Recently I finally told a customer I would replace her pizza for her for the last time. I simply said, "i have never said this to a customer before but no matter what we do, we can't make you happy. It is always something when you order. After tonight I'm not going to replace your food for you because short of you coming into the kitchen and making it yourself, I dont' know how to make you happy"
Over cooked, under cooked, not enough taco chips, don't want to pay for extra taco chips, too big of taco chips, too crushed up taco chips, not enough tomatoes, not enough hot sauce packets, (I'm not exaggerating these are all complaints from one woman I have logged), and my favorite 'you're driver got here too quickly, I was at the store getting something to drink and your driver kept calling my cell phone while I was at the store'.
Oddly enough she agreed and didn't protest when I told her that. She has ordered since and not complained and even complimented the driver the other day saying the pizza looked good.

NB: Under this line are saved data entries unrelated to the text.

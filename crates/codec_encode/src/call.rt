//! The answer to a call, by its kind.

ghost use Rattle.std.specs.Prelude.{◌≡◌, ◌≢◌, ◌==◌, ◌<◌, ◌≤◌, ◌-◌, ◌^◌, ℕ, List, length, IfOk, IfSome, Some};
ghost use Rattle.vfs_segments.specs.Written.{Written};
ghost use Rattle.vfs_files.specs.Answers.{Counts, Data, Entries, IsAnswer, Iterators, TimedAttributes, read_answer};
ghost use Rattle.vfs_messages.specs.Rooms.{PutsAfterHeader, Replies};
ghost use Rattle.vfs_grammar.specs.Words.{reply_to};
ghost use Rattle.vfs_grammar.specs.Limits.{AreLimits};
ghost use Rattle.vfs_grammar.specs.declared.limits.Limits.{Limits};
ghost use Rattle.codec_encode.specs.Kinds.{kind_told};
ghost use Rattle.codec_encode.specs.Answering.{can_answer, Answers, AnswersCall, AnswersDirectory, IsAnswered};
ghost use Rattle.codec_encode.specs.Listing.{listing_told};
ghost use Rattle.codec_encode.specs.Offered.{ListsOffered};
ghost use Rattle.codec_encode.specs.Told.{AnswersEachCall, AnswersEachListing};

use crate::answered::Answered;
use crate::listing::{Listed, has_left, put_items};
use crate::reply::{
    put_agreed, put_attributes, put_created, put_data, put_done, put_entry, put_fault,
    put_fault_alone, put_nothing, put_offset, put_opened, put_statistics, put_text, put_value,
    put_written,
};
use crate::value;
use codec_calls::{AnswerData, CallData, ItemData, has, kind};
use vfs_flags::MAX_REPLY_DATA;
use vfs_grammar::Limits;
use vfs_messages::{hold_header, reply_data};
use vfs_segments::Writer;
use vfs_wire::{AttrOut, ByteValued, EntryOut, OutHeader};

/// Whether that many bytes are left, and the first segment has them all. No promise rests on it: what is put is
/// the same.
#[inline(always)]
fn fits_in_one(w: &Writer, len: usize) -> bool {
    len <= w.available_bytes() && has_left(w, len)
}

/// Answers an entry, wherever the segments are cut.
#[inline(always)]
fn entry_here(call: &CallData, answer: &AnswerData, w: &mut Writer) -> Answered
    ensures { (limits : Limits) (text : List ℕ) →
        IsAnswered limits call.now Entries answer.now text w.old result w.new }
{
    put_entry(call, value::entry(answer), w)
}

/// The same, over a cut.
#[cold]
#[inline(never)]
fn entry_apart(call: &CallData, answer: &AnswerData, w: &mut Writer) -> Answered
    ensures { (limits : Limits) (text : List ℕ) →
        IsAnswered limits call.now Entries answer.now text w.old result w.new }
{
    entry_here(call, answer, w)
}

/// Answers an entry. As of an item of a directory, what puts it into one segment is spelled right from the
/// answer, and is apart from what puts together in memory what is cut.
#[inline(always)]
fn answer_entry(call: &CallData, answer: &AnswerData, w: &mut Writer) -> Answered
    ensures { (limits : Limits) (text : List ℕ) →
        IsAnswered limits call.now Entries answer.now text w.old result w.new }
{
    if fits_in_one(w, OutHeader::SIZE + EntryOut::SIZE) {
        entry_here(call, answer, w)
    } else {
        entry_apart(call, answer, w)
    }
}

/// Answers attributes, wherever the segments are cut.
#[inline(always)]
fn attributes_here(call: &CallData, answer: &AnswerData, w: &mut Writer) -> Answered
    ensures { (limits : Limits) (text : List ℕ) →
        IsAnswered limits call.now TimedAttributes answer.now text w.old result w.new }
{
    put_attributes(call, value::attributes(answer), w)
}

/// The same, over a cut.
#[cold]
#[inline(never)]
fn attributes_apart(call: &CallData, answer: &AnswerData, w: &mut Writer) -> Answered
    ensures { (limits : Limits) (text : List ℕ) →
        IsAnswered limits call.now TimedAttributes answer.now text w.old result w.new }
{
    attributes_here(call, answer, w)
}

/// Answers attributes. As of an item of a directory, what puts them into one segment is spelled right from the
/// answer, and is apart from what puts together in memory what is cut.
#[inline(always)]
fn answer_attributes(call: &CallData, answer: &AnswerData, w: &mut Writer) -> Answered
    ensures { (limits : Limits) (text : List ℕ) →
        IsAnswered limits call.now TimedAttributes answer.now text w.old result w.new }
{
    if fits_in_one(w, OutHeader::SIZE + AttrOut::SIZE) {
        attributes_here(call, answer, w)
    } else {
        attributes_apart(call, answer, w)
    }
}

/// Answers a call of any kind but READ and READDIR, in the room that was told.
fn answer_told(
    limits: Limits,
    call: &CallData,
    answer: &AnswerData,
    text: &[u8],
    w: &mut Writer,
) -> Option<Answered>
    requires limits { AreLimits limits }
    requires room { length w.old.left ≡ call.now.room }
    requires no_data { call.now.answer ≢ 3 }
    requires no_directory { call.now.answer ≢ 14 }
    ensures answers { AnswersCall limits (kind_told call.now.answer call.now.size) call.now
        answer.now text.now w.old result w.new }
    ensures none_taken { IfSome result (λ came. came.taken ≡ 0) }
{
    match call.answer {
        kind::NONE => Some(put_nothing(call, w)),
        kind::STATUS => Some(put_done(call, value::done(answer), w)),
        kind::ERROR_OR_NONE => Some(put_fault(call, value::done(answer), w)),
        kind::INIT => Some(put_agreed(limits, call, value::want(answer), w)),
        kind::ENTRY => Some(answer_entry(call, answer, w)),
        kind::ATTR => Some(answer_attributes(call, answer, w)),
        kind::OPEN => Some(put_opened(call, value::opened(answer), w)),
        kind::CREATE => Some(put_created(call, value::created(answer), w)),
        kind::STATFS => Some(put_statistics(call, value::statistics(answer), w)),
        kind::BYTES => Some(put_text(call, value::text(answer, text), text, w)),
        kind::BYTES_OR_SIZE => Some(put_value(call, value::value(answer, text), text, w)),
        kind::OFFSET => Some(put_offset(call, value::offset(answer), w)),
        kind::COUNT => Some(put_written(call, value::written(answer), w)),
        kind::ERROR => Some(put_fault_alone(call, value::fault(answer), w)),
        _ => None,
    }
}

/// Answers a READ, whose data come after the place of the reply's header: that alone is put.
fn answer_read(call: &CallData, answer: &AnswerData, w: &mut Writer) -> Option<Answered>
    ensures answers { (limits : Limits) (text : List ℕ) →
        AnswersCall limits (Some (Data call.now.size)) call.now answer.now text w.old result w.new }
    ensures none_taken { IfSome result (λ came. came.taken ≡ 0) }
{
    let room = w.available_bytes();
    if room < OutHeader::SIZE || room as u64 > call.room {
        return None;
    }
    Some(put_data(call, value::data(call, answer), w))
}

/// Whether the call is a READDIRPLUS.
fn is_plus(call: &CallData) -> bool
    ensures { result ≡ (listing_told call.now).plus }
{
    call.has & has::PLUS != 0
}

/// Puts the records of the items that were offered, or answers the fault.
fn list(call: &CallData, answer: &AnswerData, items: &[ItemData<'_>], w: &mut Writer) -> Listed
    ensures lists { ListsOffered (listing_told call.now).plus call.now.size answer.now items.now
        w.old result.answer result.taken w.new }
    ensures within { result.taken ≤ length items.now }
{
    match value::done(answer) {
        Ok(()) => put_items(items, is_plus(call), call.size as usize, w),
        Err(fault) => Listed::failed(fault),
    }
}

/// Whether a READDIR or READDIRPLUS can be answered in this room.
fn can_list(call: &CallData, room: usize) -> bool
    ensures { result ≡ can_answer (Some Iterators) call.now room }
{
    room as u64 == call.room && room >= OutHeader::SIZE && call.size <= MAX_REPLY_DATA
}

/// Fills in the header of what was put of a directory.
fn answer_listed(call: &CallData, listed: Listed, w: &mut Writer) -> Answered
    requires held { w.old.held ≡ 16 }
    requires short { IfOk listed.answer (λ count. count < 2 ^ 32 - 16) }
    ensures replied { (old : Written) (bytes : List ℕ) (size : ℕ) →
        PutsAfterHeader old bytes w.old → Counts listed.answer bytes size →
        Replies (reply_to call.now.unique (Data size) (read_answer listed.answer bytes))
        old result.outcome w.new }
    ensures kind { (bytes : List ℕ) (size : ℕ) → Counts listed.answer bytes size →
        IsAnswer (Data size) (read_answer listed.answer bytes) }
    ensures options { result.options ≡ call.now.options }
    ensures given { result.given ≡ 0 }
    ensures taken { result.taken ≡ listed.taken }
{
    let outcome = reply_data(listed.answer, call.unique, w);
    Answered {
        taken: listed.taken,
        ..Answered::plain(call, outcome)
    }
}

/// Answers a READDIR or READDIRPLUS of the items that were offered.
fn answer_directory(
    call: &CallData,
    answer: &AnswerData,
    items: &[ItemData<'_>],
    w: &mut Writer,
) -> Option<Answered>
    ensures answers { AnswersDirectory call.now answer.now items.now w.old result w.new }
    ensures within { IfSome result (λ came. came.taken ≤ length items.now) }
{
    if !can_list(call, w.available_bytes()) {
        return None;
    }
    match hold_header(w) {
        Ok(()) => Some(answer_listed(call, list(call, answer, items, w), w)),
        Err(_) => None,
    }
}

/// Answers a call by its kind.
fn answer_kind(
    limits: Limits,
    call: &CallData,
    answer: &AnswerData,
    text: &[u8],
    items: &[ItemData<'_>],
    w: &mut Writer,
) -> Option<Answered>
    requires { AreLimits limits }
    ensures answers { Answers limits (kind_told call.now.answer call.now.size) call.now answer.now
        text.now items.now w.old result w.new }
    ensures within { IfSome result (λ came. came.taken ≤ length items.now) }
{
    match call.answer {
        kind::DATA => answer_read(call, answer, w),
        kind::DIRECTORY => answer_directory(call, answer, items, w),
        _ if w.available_bytes() as u64 == call.room => {
            answer_told(limits, call, answer, text, w)
        }
        _ => None,
    }
}

/// Answers a call: puts the reply into the room that `w` has left. Of a READ the header alone is
/// put, and what comes after it is not touched: there the data are.
///
/// `text` is the text of a link, the value of an extended attribute, or the names of all, where the
/// answer is one. `items` are those of a directory from the offset that was asked for, one after
/// another, up to the first whose name is none.
///
/// What can't be is EIO: more data of a READ than its size or its room, a count of 2^32 or more, a
/// TMPFILE that succeeds. A text whose reply would have 2^32 bytes or more is ERANGE.
///
/// None where `call` can't be answered in this room: its kind is none, or the room is another than
/// that of the call. Then nothing is put. The room of a READ may be shorter, but not than a header.
pub fn answer(
    limits: Limits,
    call: &CallData,
    answer: &AnswerData,
    text: &[u8],
    items: &[ItemData<'_>],
    w: &mut Writer,
) -> Option<Answered>
    requires { AreLimits limits }
    ensures by_kind { Answers limits (kind_told call.now.answer call.now.size) call.now answer.now
        text.now items.now w.old result w.new }
    ensures calls { AnswersEachCall limits call.now answer.now text.now w.old result w.new }
    ensures listings { AnswersEachListing limits call.now answer.now items.now w.old result w.new }
    ensures within { IfSome result (λ came. came.taken ≤ length items.now) }
{
    answer_kind(limits, call, answer, text, items, w)
}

We do have a database for all complaints, and you can begin to redflag the scammers really quickly. I honestly want to start a private FB page or other website for all the QCA pizza places to share info on names/address/numbers of suspected scammers. We assume many run the same "I got a pizza last night and it was cold but we ate it anyway because we were so hungry and waited til today to call" kind of tricks with everyone, hoping someone will bite on it.